[Description of the task] In the records, find each line where "after" occurs, and copy it.

Task inputs Start Marker

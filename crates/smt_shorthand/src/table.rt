// The defined sorts that are in force, by assertion levels, and the commands that define them.

ghost use Rattle.smt_commands.specs.Commands.{CommandForm, members_of, symbol_of};
ghost use Rattle.smt_commands.specs.Views.{form_of, items_of};
ghost use Rattle.smt_lists.specs.Expressions.{expr};
ghost use Rattle.smt_shorthand.specs.Table.{after, definition_by, definition_in, definition_of, is_free, is_word, kept, parameters_in, with_sort};
ghost use Rattle.std.specs.Option.{option_map};
ghost use Rattle.std.specs.Prelude.{◌≡◌, [], IfOk, map};

use crate::sorts::{DefinedSort, find_sort, read_sense};
use base_texts::Texts;
use linear_term::Memory;
use smt_commands::{Command, members, symbol};
use smt_lists::Sexp;
use sqlite_items::Items;
use std::alloc::Global;

/// How many levels are open, and the defined sorts that are in force.
#[derive(Drop)]
pub struct SortTable {
    pub level: u128,
    pub sorts: Items<DefinedSort>,
}

/// The table with one more sort.
pub fn with_sort(table: SortTable, sort: DefinedSort) -> Result<SortTable, Memory>
    ensures { IfOk result (λ t. t ≡ with_sort table sort) }
{
    let SortTable { level, mut sorts } = table;
    sorts.push(sort)?;
    Ok(SortTable { level, sorts })
}

/// The table after a command that defines no sort.
pub fn after(
    alloc: Global,
    table: SortTable,
    command: Option<Command<'_>>,
) -> Result<SortTable, Memory>
    ensures { IfOk result (λ t. t ≡ after table (option_map form_of command.entry)) }
{
    match command {
        Some(Command::Push(count)) => {
            let SortTable { level, sorts } = table;
            let level = level.saturating_add(count);
            Ok(SortTable { level, sorts })
        }
        Some(Command::Pop(count)) => {
            let level = table.level.saturating_sub(count);
            let sorts = kept(alloc, level, table.sorts.as_slice())?;
            Ok(SortTable { level, sorts })
        }
        Some(Command::Reset) => Ok(SortTable {
            level: 0,
            sorts: Items::new(alloc),
        }),
        Some(
            Command::Skip
            | Command::Say(_)
            | Command::Declare(_, _, _)
            | Command::Define(_, _, _, _)
            | Command::Assert(_)
            | Command::CheckSat(_)
            | Command::Exit,
        )
        | None => Ok(table),
    }
}

/// The sorts that were defined at this level or below.
fn kept(alloc: Global, level: u128, sorts: &[DefinedSort]) -> Result<Items<DefinedSort>, Memory>
    ensures { IfOk result (λ ds. ds ≡ kept level sorts.now) }
{
    let mut out = Items::new(alloc);
    for sort in sorts {
        if sort.level <= level {
            out.push(copy_sort(alloc, sort)?)?;
        }
    }
    Ok(out)
}

/// A defined sort once more.
fn copy_sort(alloc: Global, sort: &DefinedSort) -> Result<DefinedSort, Memory>
    ensures { IfOk result (λ d. d ≡ sort.now) }
{
    Ok(DefinedSort {
        text: Items::from_slice(alloc, sort.text.as_slice())?,
        arity: sort.arity,
        sense: sort.sense,
        level: sort.level,
    })
}

/// The sort that a command defines, where it is a `define-sort` of a new name.
pub fn definition(alloc: Global, table: &SortTable, e: &Sexp) -> Result<Option<DefinedSort>, Memory>
    ensures { IfOk result (λ d. d ≡ definition_of table.now (expr e.now)) }
{
    match members(e) {
        Some(members) => definition_in(alloc, table, members),
        None => Ok(None),
    }
}

/// The sort that the command of these members defines.
fn definition_in(
    alloc: Global,
    table: &SortTable,
    members: &[Sexp],
) -> Result<Option<DefinedSort>, Memory>
    ensures { IfOk result (λ d. d ≡ definition_in table.now (map expr members.now)) }
{
    let [word, name, parameters, sort] = members else {
        return Ok(None);
    };
    if !is_word(word, b"define-sort".as_slice()) {
        return Ok(None);
    }
    definition_by(alloc, table, name, parameters, sort)
}

/// The sort of a new name, of parameters, and of what it is short for.
fn definition_by(
    alloc: Global,
    table: &SortTable,
    name: &Sexp,
    parameters: &Sexp,
    sort: &Sexp,
) -> Result<Option<DefinedSort>, Memory>
    ensures { IfOk result (λ d. d ≡ definition_by table.now (symbol_of (expr name.now)) (members_of (expr parameters.now)) (expr sort.now)) }
{
    let Some(name) = symbol(name) else {
        return Ok(None);
    };
    let Some(parameters) = members(parameters) else {
        return Ok(None);
    };
    if !is_free(table, name.text) {
        return Ok(None);
    }
    let Some(parameters) = read_parameters(alloc, parameters)? else {
        return Ok(None);
    };
    let sense = read_sense(alloc, table.sorts.as_slice(), &parameters, sort)?;
    Ok(Some(DefinedSort {
        text: Items::from_slice(alloc, name.text)?,
        arity: parameters.len(),
        sense,
        level: table.level,
    }))
}

/// Whether a sort may be defined by this name.
fn is_free(table: &SortTable, text: &[u8]) -> bool
    ensures { result ≡ is_free table.now text.now }
{
    if text == b"Int".as_slice() || text == b"Bool".as_slice() {
        return false;
    }
    find_sort(table.sorts.as_slice(), text).is_none()
}

/// The names of parameters, if all are symbols and different.
fn read_parameters(alloc: Global, es: &[Sexp]) -> Result<Option<Texts>, Memory>
    ensures { IfOk result (λ ps. ps ≡ parameters_in [] (map expr es.now)) }
{
    let mut names = Texts::new(alloc);
    for e in es {
        let Some(name) = symbol(e) else {
            return Ok(None);
        };
        if !names.add(alloc, name.text)? {
            return Ok(None);
        }
    }
    Ok(Some(names))
}

/// Whether an S-expression is the symbol of this text.
pub fn is_word(e: &Sexp, text: &[u8]) -> bool
    ensures { result ≡ is_word text.now (symbol_of (expr e.now)) }
{
    match symbol(e) {
        Some(name) => name.text == text,
        None => false,
    }
}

Task inputs End Marker

[Problem solution]
ghost use Rattle.smt_shorthand.specs.Table.{after, definition_by, definition_in, definition_of, is_free, is_word, kept, parameters_in, with_sort};
/// The table after a command that defines no sort.
pub fn after(
    ensures { IfOk result (λ t. t ≡ after table (option_map form_of command.entry)) }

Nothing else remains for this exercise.